Requirements: Python 3.10+
git clone https://github.com/canslab1/HATA.git
cd HATA
pip install -r requirements.txt| Package | Purpose |
|---|---|
| NetworkX | Network analysis |
| NumPy / SciPy | Numerical computing & clustering |
| Matplotlib | Visualization |
| PySide6 | Qt-based GUI |
| openpyxl | Excel output |
python run_hata.pyLaunches a desktop application with two tabs:
- Arc Analysis — Load a single directed network, configure parameters, view classification results and various plots.
- Suite Experiment — Batch-analyze a predefined set of networks and compare their fingerprints.
# Analyze a single directed network
python run_hata.py analyze -i nets/leader.net
# With options
python run_hata.py analyze -i nets/leader.net -t 100 -p # 100 random networks, parallel mode
python run_hata.py analyze -i nets/leader.net -q 2 # Quick mode (limit to 2 layers)

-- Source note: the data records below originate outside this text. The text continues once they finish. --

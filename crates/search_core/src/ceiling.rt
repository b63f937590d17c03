//! Costs that a serving set doesn't pass, and why a node is cut.
ghost use Rattle.std.specs.Prelude.{◌≡◌, ◌<◌, Some, None, IfSome, MatchOption, length};
ghost use Rattle.gap_sets.specs.Order.{total};
ghost use Rattle.tso_program.specs.Listings.{gap_count};
ghost use Rattle.search_core.specs.Ceilings.{IsBound, IsCeiling};

use crate::Subject;
use gap_sets::Costs;
use oracle::Served;
use std::marker::Model;
use tso_program::Question;

/// None, or a cost that some serving set of a program doesn't pass. It takes no memory.
#[derive(Drop)]
pub struct Ceiling {
    limit: Option<Limit>,
}

/// A cost, and what it is of.
#[derive(Drop)]
struct Limit {
    cost: u64,
    subject: Subject,
}

impl Model for Ceiling {
    ghost use Rattle.std.specs.Prelude.{Option, IfSome};
    ghost use Rattle.search_core.specs.Ceilings.{Bound, IsBound};

    ghost Value = { Option Bound };

    ghost use Rattle.gap_sets.specs.contracts.gap_set.GapSet as gap_set;
    ghost use Rattle.std.specs.Coded.{codes};
    ghost use Rattle.tso_program.specs.Nodes.{tree_code};

    ghost coded = { Prim.hlevel (codes, gap_set.the_row.coded, tree_code) };

    ghost use Rattle.search_core.specs.Internal.Limits.{bound_of};

    ghost view = { λ c. bound_of c.limit };

    ghost invariant = { λ c. IfSome (bound_of c.limit) IsBound };
}

impl Ceiling {
    /// No ceiling, of every program and all costs.
    pub fn none() -> Ceiling
        ensures { result ≡ None }
    {
        Ceiling { limit: None }
    }

    /// What a serving set costs.
    pub fn of(served: &Served, costs: &Costs) -> Ceiling
        requires { length costs.now ≡ gap_count served.now.question.program.threads }
        ensures { result ≡ Some (record { question = served.now.question; costs = costs.now; cost = total costs.now served.now.gaps }) }
    {
        let cost = costs.total(&served.set());
        Ceiling::at(served.question(), costs, Some(cost))
    }

    /// None, or a cost that some serving set doesn't pass.
    pub fn at(question: &Question, costs: &Costs, cost: Option<u64>) -> Ceiling
        requires { IfSome cost (IsCeiling question.now costs.now) }
        ensures { MatchOption cost (result ≡ None) (λ c. result ≡ Some (record { question = question.now; costs = costs.now; cost = c })) }
    {
        match cost {
            Some(cost) => Ceiling {
                limit: Some(Limit {
                    cost,
                    subject: Subject::of(question, costs),
                }),
            },
            None => Ceiling::none(),
        }
    }

    /// The cost.
    pub fn cost(&self) -> Option<u64>
        ensures value { MatchOption self.now (result ≡ None) (λ bound. result ≡ Some bound.cost) }
        ensures bound { IfSome self.now IsBound }
    {
        match &self.limit {
            Some(limit) => Some(limit.cost),
            None => None,
        }
    }
}

/// Why a node is cut.
#[derive(Drop)]
pub enum Reason {
    /// There is a best set, and what the node's sets must have isn't better.
    Best,
    /// What the node's sets must have costs more.
    Ceiling(Ceiling),
}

python run_hata.py analyze -i nets/leader.net --export-csv # Export arc classification CSV
# Run suite experiment
python run_hata.py suite --name DEMO --run --dir nets/| Option | Description |
|---|---|
-i, --input |
Path to network file |
-t, --times |
Number of random networks for null model (default: 1000) |
-q, --quick |
Quick mode: limit analysis layers |
-p, --parallel |
Parallel random network generation |
-w, --workers |
Number of parallel workers |
-d, --debug |
Enable debug output |
--show-detail |
Save detail layer plots |
--show-betweenness |
Save arc betweenness centrality plot |
--show-pagerank |
Save PageRank-based weighting plot |
--show-degree |
Save degree distribution plot (in/out) |
--show-clustering |
Save network clustering plot |
--export-csv |
Export arc classification as CSV (for Gephi/Cytoscape) |
| Extension | Format |
|---|---|
.net |
Pajek |
.gml |
GML |
.graphml |
GraphML |
.edgelist, .edges |
Edge List |
.adjlist |
Adjacency List |
Read directed network → Split into weakly connected components
→ Build outgoing/incoming multi-layer ego networks
→ Compute neighborhood overlap for each arc at each layer
→ Generate degree-preserving random directed networks (null model)

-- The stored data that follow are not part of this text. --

//! The search as events.
ghost use Rattle.std.specs.Prelude.{◌≡◌, ◌↔◌, ◌<◌, ℕ, Some, IfSome, IfNone, IfOk, IfErr, OnOk, OnErr, IsTrue, MatchOption, length};
ghost use Rattle.gap_sets.specs.declared.region.Region.{Region};
ghost use Rattle.tso_program.specs.Listings.{gap_count};
ghost use Rattle.tso_machine.specs.Outcomes.{AreGapsOf, IsTheAnswer};
ghost use Rattle.search_core.specs.States.{HoldsNothing, HoldsOnly, HoldsNode, HasNoOpen, IsDone, IsSameSearch, IsSeatCount, IsStart};
ghost use Rattle.search_core.specs.Events.{TakesNode, GivesBack, Splits, Cuts, Confirms, MaySplit, MayConfirm};
ghost use Rattle.search_core.specs.Faults.{IsReasonOf, IsCutBy, TakeFaultIs, SplitFaultIs, CutFaultIs, IsWithoutNode};
ghost use Rattle.search_core.specs.Histories.{IsReached};
ghost use Rattle.search_core.specs.Records.{finished_state};

use crate::best::{cuts, is_better};
use crate::entries::{all_settled, best_open, find_held, mark, none_open, open_children};
use crate::entry::{Entry, Status};
use crate::{Finished, Reason, TreeFault};
use gap_sets::{Costs, Region};
use oracle::{ForeignRun, SeqTable, Served};
use std::alloc::{AllocError, Global};
use std::marker::Model;
use tso_program::Question;

/// A search whose state some history of events reaches. It keeps the allocator that it was made with.
#[derive(Drop)]
pub struct SearchTree {
    alloc: Global,
    question: Question,
    costs: Costs,
    seats: u8,
    entries: Vec<Entry>,
    best: Option<Served>,
}

impl Model for SearchTree {
    ghost use Rattle.search_core.specs.States.{SearchState};

    ghost Value = { SearchState };

    ghost use Rattle.gap_sets.specs.contracts.gap_set.GapSet as gap_set;
    ghost use Rattle.std.specs.Coded.{codes};
    ghost use Rattle.tso_program.specs.Nodes.{tree_code};
    ghost use Rattle.cert_forest.specs.CoverCodes.{coded_cover};

    ghost coded = { Prim.hlevel (codes, gap_set.the_row.coded, coded_cover, tree_code) };

    ghost use Rattle.search_core.specs.Histories.{IsReached};

    ghost view = { λ t. record { question = t.question; costs = t.costs; seats = t.seats; entries = t.entries.items; best = t.best } };

    ghost invariant = { λ t. IsReached (record { question = t.question; costs = t.costs; seats = t.seats; entries = t.entries.items; best = t.best }) };
}

impl SearchTree {
    /// A search for the best set of gaps of the table's program, by so many seats: only the node of all
    /// sets is there.
    pub fn new(
        alloc: Global,
        table: &SeqTable,
        costs: &Costs,
        seats: u8,
    ) -> Result<SearchTree, AllocError>
        requires one_each { length costs.now ≡ gap_count table.now.question.program.threads }
        requires seats { IsSeatCount seats }
        ensures start { IfOk result IsStart }
        ensures parts { IfOk result (λ tree. (tree.question ≡ table.now.question) × (tree.costs ≡ costs.now) × (tree.seats ≡ seats)) }
    {
        let question = table.question();
        question.program.recall_facts();
        costs.recall_facts();
        let mut entries = Vec::new(alloc);
        entries.push(Entry {
            node: Region::all(),
            seat: 0,
            status: Status::Open,
        })?;
        Ok(SearchTree {
            alloc,
            question: question.copy()?,
            costs: costs.copy()?,
            seats,
            entries,
            best: None,
        })
    }

    /// The question.
    pub fn question(&self) -> &Question
        ensures value { result.now ≡ self.now.question }
        ensures reached { IsReached self.now }
    {
        &self.question
    }

    /// For a proof alone: recalls what holds of every search.
    pub fn recall_facts(&self)
        ensures reached { IsReached self.now }
    {
        let _ = self.question();
    }

    /// What each gap costs.
    pub fn costs(&self) -> &Costs
        ensures value { result.now ≡ self.now.costs }
        ensures reached { IsReached self.now }
    {
        &self.costs
    }

    /// How many seats there are.
    pub fn seats(&self) -> u8
        ensures value { result ≡ self.now.seats }
        ensures reached { IsReached self.now }
    {
        self.seats
    }

    /// Whether no node is open.
    pub fn has_no_open(&self) -> bool
        ensures { IsTrue result ↔ HasNoOpen self.now }
    {
        none_open(&self.entries)
    }

    /// The node that the seat holds.
    pub fn held(&self, seat: u8) -> Option<Region>
        requires { seat < self.now.seats }
        ensures value { MatchOption result (HoldsNothing self.now seat) (HoldsOnly self.now seat) }
        ensures of_program { IfSome result (λ node. AreGapsOf self.now.question.program node.must) }
    {
        let (_, node) = find_held(&self.entries, seat)?;
        Some(node)
    }

    /// The seat takes an open node. It is the one whose `must` is best, the first of equals: a preference, on which
    /// no clause rests.
    pub fn take(&mut self, seat: u8) -> Result<Region, TreeFault>
        requires { seat < self.old.seats }
        ensures taken { IfOk result (TakesNode self.old self.new seat) }
        ensures holds { IfOk result (HoldsOnly self.new seat) }
        ensures of_program { IfOk result (λ node. AreGapsOf self.old.question.program node.must) }
        ensures same { IsSameSearch self.old self.new }
        ensures unchanged { OnErr result (self.new ≡ self.old) }
        ensures fault { IfErr result (TakeFaultIs self.old seat) }
    {
        let held = self.held(seat);
        if held.is_some() {
            return Err(TreeFault::SeatHolds);
        }
        let Some((place, node)) = best_open(&self.costs, &self.entries) else {
            return Err(TreeFault::NothingOpen);
        };
        mark(&mut self.entries, place, &node, seat, Status::Held);
        Ok(node)
    }

    /// The seat's node is open again.
    pub fn give_back(&mut self, seat: u8) -> Result<(), TreeFault>
        requires { seat < self.old.seats }
        ensures given { OnOk result (GivesBack self.old self.new seat) }
        ensures same { IsSameSearch self.old self.new }
        ensures unchanged { OnErr result (self.new ≡ self.old) }
        ensures fault { IfErr result (IsWithoutNode self.old seat) }
    {
        let Some((place, node)) = find_held(&self.entries, seat) else {
            return Err(TreeFault::SeatHoldsNothing);
        };
        mark(&mut self.entries, place, &node, seat, Status::Open);
        Ok(())
    }

    /// The seat's node is split by a run that passes no gap that its sets must have: its children are
    /// open.
    pub fn split(&mut self, seat: u8, run: &ForeignRun) -> Result<(), TreeFault>
        requires seat { seat < self.old.seats }
        requires of_question { run.now.question ≡ self.old.question }
        ensures split { OnOk result (Splits self.old self.new seat run.now) }
        ensures same { IsSameSearch self.old self.new }
        ensures unchanged { OnErr result (self.new ≡ self.old) }
        ensures fault { IfErr result (SplitFaultIs self.old seat run.now.passed) }
    {
        let Some((place, node)) = find_held(&self.entries, seat) else {
            return Err(TreeFault::SeatHoldsNothing);
        };
        run.recall_facts();
        let passed = run.passed();
        if passed.meets(&node.must) {
            return Err(TreeFault::Hit);
        }
        let kept = run.copy(self.alloc)?;
        let mut opened = open_children(self.alloc, &node, seat, passed)?;
        let first = self.entries.len();
        self.entries.append(&mut opened)?;
        let status = Status::Split(kept, first);
        mark(&mut self.entries, place, &node, seat, status);
        Ok(())
    }

    /// The seat's node is cut, if the reason cuts it.
    pub fn cut(&mut self, seat: u8, reason: Reason) -> Result<(), TreeFault>
        requires seat { seat < self.old.seats }
        requires of_search { IsReasonOf self.old reason }
        ensures cut { OnOk result (Cuts self.old self.new seat) }
        ensures lawful { OnOk result (IsCutBy self.old seat reason) }
        ensures same { IsSameSearch self.old self.new }
        ensures unchanged { OnErr result (self.new ≡ self.old) }
        ensures fault { IfErr result (CutFaultIs self.old seat reason) }
    {
        let Some((place, node)) = find_held(&self.entries, seat) else {
            return Err(TreeFault::SeatHoldsNothing);
        };
        if !cuts(&self.costs, &self.best, &reason, &node.must) {
            return Err(TreeFault::StillBetter);
        }
        mark(&mut self.entries, place, &node, seat, Status::Cut);
        Ok(())
    }

    /// What the sets of the seat's node must have serves.
    pub fn confirm(&mut self, seat: u8, served: Served) -> Result<(), TreeFault>
        requires seat { seat < self.old.seats }
        requires of_question { served.question ≡ self.old.question }
        requires of_node { (node : Region) → HoldsNode self.old seat node → served.gaps ≡ node.must }
        ensures confirmed { OnOk result (Confirms self.old self.new seat served) }
        ensures same { IsSameSearch self.old self.new }
        ensures unchanged { OnErr result (self.new ≡ self.old) }
        ensures fault { IfErr result (IsWithoutNode self.old seat) }
    {
        let Some((place, node)) = find_held(&self.entries, seat) else {
            return Err(TreeFault::SeatHoldsNothing);
        };
        let better = is_better(&self.costs, &self.best, &served);
        mark(&mut self.entries, place, &node, seat, Status::Confirmed);
        if !better {
            return Ok(());
        }
        self.best = Some(served);
        Ok(())
    }

    /// The node that the seat has in hand is split by a run that passes no gap that its sets must have.
    pub fn split_held(&mut self, seat: u8, run: &ForeignRun) -> Result<(), AllocError>
        requires { MaySplit self.old seat run.now }
        ensures split { OnOk result (Splits self.old self.new seat run.now) }
        ensures same { IsSameSearch self.old self.new }
        ensures unchanged { OnErr result (self.new ≡ self.old) }
    {
        let Err(fault) = self.split(seat, run) else {
            return Ok(());
        };
        match fault {
            TreeFault::OutOfMemory => Err(AllocError),
            _ => unreachable!(),
        }
    }

    /// What the sets of the node that the seat has in hand must have serves.
    pub fn confirm_held(&mut self, seat: u8, served: Served)
        requires { MayConfirm self.old seat served }
        ensures confirmed { Confirms self.old self.new seat served }
        ensures same { IsSameSearch self.old self.new }
    {
        match self.confirm(seat, served) {
            Ok(()) => {}
            Err(_) => unreachable!(),
        }
    }

    /// Whether no node is open or held.
    pub fn is_done(&self) -> bool
        ensures { IsTrue result ↔ IsDone self.now }
    {
        all_settled(&self.entries)
    }

    /// The best set that serves, once the search is done.
    pub fn answer(&self) -> Option<&Served>
        ensures some { IfSome result (λ served. IsDone self.now × (self.now.best ≡ Some served.now)) }
        ensures answer { IfSome result (λ served. (served.now.question ≡ self.now.question) × IsTheAnswer self.now.question self.now.costs served.now.gaps) }
        ensures none { IfNone result (¬ IsDone self.now) }
    {
        if self.is_done() {
            self.best.as_ref()
        } else {
            None
        }
    }

    /// What the search leaves, once it is done; else the search as it is.
    pub fn finish(self) -> Result<Finished, SearchTree>
        ensures ok { IfOk result (λ finished. finished_state finished ≡ self) }
        ensures done { OnOk result (IsDone self) }
        ensures err { IfErr result (λ tree. tree ≡ self) }
        ensures not_done { OnErr result (¬ IsDone self) }
    {
        if !self.is_done() {
            return Err(self);
        }
        let SearchTree {
            alloc: _,
            question,
            costs,
            seats,
            entries,
            best,
        } = self;
        match best {
            Some(served) => Ok(Finished {
                question,
                costs,
                seats,
                entries,
                served,
            }),
            None => unreachable!(),
        }
    }
}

→ Derive R1 threshold from null model
→ Phase 1: Identify SILK (degree-1 endpoints)
→ Phase 2: Classify BOND vs LOCAL_BRIDGE (R1 + R2 thresholds, layer-by-layer refinement)
→ Phase 3: Remaining unclassified arcs → GLOBAL_BRIDGE
→ Phase 4: Node information entropy & structural importance
→ Phase 5: Network fingerprint output
HATA/
├── run_hata.py # Entry point (GUI / CLI)
├── hata/
│ ├── __init__.py # Package metadata
│ ├── constants.py # Configuration constants
│ ├── engine.py # Core HATA algorithm
│ ├── cli.py # Command-line interface
│ ├── plotting.py # Matplotlib visualizations
│ ├── excel_writer.py # Excel / CSV output
│ └── gui/
│ ├── main_window.py # PySide6 main window
│ ├── link_analysis_tab.py # Single network analysis tab
│ ├── suite_experiment_tab.py # Batch experiment tab
│ ├── worker.py # QThread background workers
│ └── plot_canvas.py # Matplotlib-Qt integration
├── nets/ # Sample directed networks
└── requirements.txt
- Excel (.xlsx) — Arc classification details, random network statistics, node entropy
- CSV — Arc classification table (importable by Gephi / Cytoscape)

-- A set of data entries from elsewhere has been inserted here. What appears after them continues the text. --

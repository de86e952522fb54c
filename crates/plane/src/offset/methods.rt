//! Products of offsets. None leaves 64 bits, since offsets of points within range stay below 2^21.
ghost use Rattle.std.specs.Prelude.{◌≡◌, ◌+◌, ◌*◌, ◌^◌, ◌≤◌, ◌-ℤ◌, ◌*ℤ◌, unsigned_abs};
ghost use Rattle.plane.specs.Points.{squared};

use crate::int_point::IntPoint;
use crate::offset::Offset;

/// The product of an offset's coordinate and a number of at most 42 bits.
pub(crate) fn times(a: i64, b: i64) -> i64
    requires a_bound { unsigned_abs a ≤ 2 ^ 20 }
    requires b_bound { unsigned_abs b ≤ 2 ^ 42 }
    ensures value { result ≡ a *ℤ b }
    ensures size { unsigned_abs result ≤ 2 ^ 20 * unsigned_abs b }
{
    a * b
}

impl Offset {
    /// From one point to another.
    pub(crate) fn between(from: IntPoint, to: IntPoint) -> Offset
        ensures x { result.x ≡ to.x -ℤ from.x }
        ensures y { result.y ≡ to.y -ℤ from.y }
    {
        Offset {
            x: to.x as i64 - from.x as i64,
            y: to.y as i64 - from.y as i64,
        }
    }

    /// The cross product.
    pub(crate) fn cross_product(self, v: Offset) -> i64
        ensures value { result ≡ self.x *ℤ v.y -ℤ self.y *ℤ v.x }
        ensures size { unsigned_abs result ≤ 2 ^ 41 }
    {
        times(self.x, v.y) - times(self.y, v.x)
    }

    /// The squared length.
    pub(crate) fn sqr_length(self) -> u64
        ensures value { result ≡ squared self.x + squared self.y }
        ensures size { result ≤ 2 ^ 41 }
    {
        let dx = self.x.unsigned_abs();
        let dy = self.y.unsigned_abs();
        dx * dx + dy * dy
    }
}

- PNG — Network plots, betweenness, PageRank, degree distribution, clustering, fingerprint charts
- Chung-Yuan Huang (黃崇源) — Department of Computer Science and Information Engineering, Chang Gung University, Taiwan (gscott@mail.cgu.edu.tw)
- Wei-Chien-Benny Chin — Department of Urban Planning and Design, University of Malaya, Malaysia (wcchin.88@gmail.com)
If you use this software in your research, please cite:
Huang, C.-Y. & Chin, W. C. B. (2020). Distinguishing Arc Types to Understand Complex Network Strength Structures and Hierarchical Connectivity Patterns. IEEE Access, 8, 71021–71040. https://doi.org/10.1109/ACCESS.2020.2986017
See CITATION.cff for machine-readable citation metadata.
- Huang, C.-Y. & Chin, W. C. B. (2020). Distinguishing Arc Types to Understand Complex Network Strength Structures and Hierarchical Connectivity Patterns. IEEE Access, 8, 71021–71040. https://doi.org/10.1109/ACCESS.2020.2986017
This project is licensed under the MIT License. See LICENSE for details.